Но родственное сходство переводной и отечественной специфически детской литературы было несомненно. Та и другая интересовались преимущественно сиротками и найденышами таинственного происхождения. Та и другая проповедовали скромность, милосердие и терпение. Впрочем, в конце концов всегда оказывалось, что эти добродетели представляют собой самый краткий и верный путь к благополучию и карьере.
Весь мир - вернее, мирок - этой условной, идиллической литературы, отечественной и переводной, неподвижно и прочно покоился на своих устоях.
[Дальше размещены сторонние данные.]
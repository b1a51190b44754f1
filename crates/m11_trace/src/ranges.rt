//! Ranges of memory that are shown at the end of a run.

ghost use Rattle.std.specs.Prelude.{◌≡◌, ◌≤◌, ◌%◌};
ghost use Rattle.m11_cpu.specs.Messages.{PutsMessages};
ghost use Rattle.m11_trace.specs.Ranges as spec;

use crate::line::{Line, add_word, put_text};
use crate::shots::word_past;
use m11_base::Sink;
use m11_cpu::{Memory, SimFault};

/// A range of memory, between two even addresses, both included. It is empty if `last` is below `first`.
#[derive(Clone, Copy, PartialEq, Eq)]
pub struct Range {
    /// The address of the first word.
    pub first: u16,
    /// The address of the last word.
    pub last: u16,
}

// The text of the word with this index in a range. The first word and every eighth one after it begin a line with their address.
fn word_cell(first: u16, index: u16, word: u16) -> Line
    ensures { result.items ≡ spec.word_cell first index word }
{
    let mut cell = Line::new();
    if index % 8 == 0 {
        add_word(
            &mut cell,
            b"\n  ",
            first.wrapping_add(index.wrapping_mul(2)),
        );
    }
    add_word(&mut cell, b" ", word);
    cell
}

// Writes `count` words, beginning at the even address `first`, or fewer if the memory ends before the last one.
fn put_words<M: Sink>(
    messages: &mut M,
    memory: &Memory,
    first: u16,
    count: u16,
) -> Result<(), SimFault>
    requires even { first % 2 ≡ 0 }
    requires few { count ≤ 32768 }
    ensures { PutsMessages (M.text messages.old) (M.text messages.new) (M.faults messages.old) (M.faults messages.new)
        (spec.words_from memory.now first 0 count) result }
{
    let mut index = 0;
    'words: while index < count {
        match word_past(memory, first, 2 * index) {
            None => return Ok(()),
            Some(word) => {
                put_text(messages, word_cell(first, index, word).as_slice())?;
                index += 1;
            }
        }
    }
    Ok(())
}

// The number of words in a range; 0 if its last address is below its first.
fn count_of(range: &Range) -> u16
    ensures count { result ≡ spec.count_of range.now }
    ensures few { result ≤ 32768 }
{
    ((u32::from(range.last) + 2).saturating_sub(u32::from(range.first)) / 2) as u16
}

// Writes the words of a range and ends its last line.
fn put_part<M: Sink>(messages: &mut M, memory: &Memory, range: &Range) -> Result<(), SimFault>
    ensures { PutsMessages (M.text messages.old) (M.text messages.new) (M.faults messages.old) (M.faults messages.new)
        (spec.words_text memory.now range.now) result }
{
    let first = range.first - range.first % 2;
    put_words(messages, memory, first, count_of(range))?;
    put_text(messages, b"\n")
}

// The heading of a range, MEMORY and its two addresses, without the end of the line.
fn head(range: &Range) -> Line
    ensures { result.items ≡ spec.head_text range.now }
{
    let mut line = Line::new();
    add_word(&mut line, b"MEMORY ", range.first);
    add_word(&mut line, b":", range.last);
    line
}

// Writes the heading and the words of a range of memory.
fn put_range<M: Sink>(messages: &mut M, memory: &Memory, range: &Range) -> Result<(), SimFault>
    ensures { PutsMessages (M.text messages.old) (M.text messages.new) (M.faults messages.old) (M.faults messages.new)
        (spec.range_text memory.now range.now) result }
{
    put_text(messages, head(range).as_slice())?;
    put_part(messages, memory, range)
}

/// Writes ranges of memory, one after another. Error: `Write`, if the sink failed after part of them.
pub(crate) fn put_ranges<M: Sink>(
    messages: &mut M,
    memory: &Memory,
    ranges: &[Range],
) -> Result<(), SimFault>
    ensures { PutsMessages (M.text messages.old) (M.text messages.new) (M.faults messages.old) (M.faults messages.new)
        (spec.ranges_text memory.now ranges.now) result }
{
    match ranges {
        [] => Ok(()),
        [range, others @ ..] => {
            put_range(messages, memory, range)?;
            put_ranges(messages, memory, others)
        }
    }
}
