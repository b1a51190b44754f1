//! A law about what a trace shows.

ghost use Rattle.std.specs.Prelude.{ℕ, ◌↔◌, Contains};
ghost use Rattle.m11_base.specs.Devices.{Bytes};
ghost use Rattle.m11_trace.specs.Changes.{HasAnotherWord, changed_addresses};

/// A trace line shows each memory word that the step changed, and no other memory word.
pub fn each_changed_word_is_shown()
    ensures { (address : ℕ) (before later : Bytes) → Contains (changed_addresses before later) address ↔ HasAnotherWord before later address }
{}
Общественные перегородки были почти непроницаемы. Если какой-нибудь маленькой уличной певице удавалось проникнуть в графский замок и даже положить голову на костлявое плечо старого графа, то скоро выяснялось, что дитя улицы приходится владельцу замка родной внучкой. Конечно, эта внучка навсегда сохраняла в памяти годы, прожитые в бедности, и становилась лучшим другом для бедняков.
А кто такие были эти бедняки? Трудно сказать. В одной повести - это бедные крестьяне, живущие в "избушке", в другой - сапожник, которому не хватает денег на елку.
А в знаменитой книжке "Отчего и почему маленькой Сюзанны" девочка-аристократка, мадемуазель де Сануа, щедро отправляет все свои новогодние подарки дочкам одного бедного лавочника.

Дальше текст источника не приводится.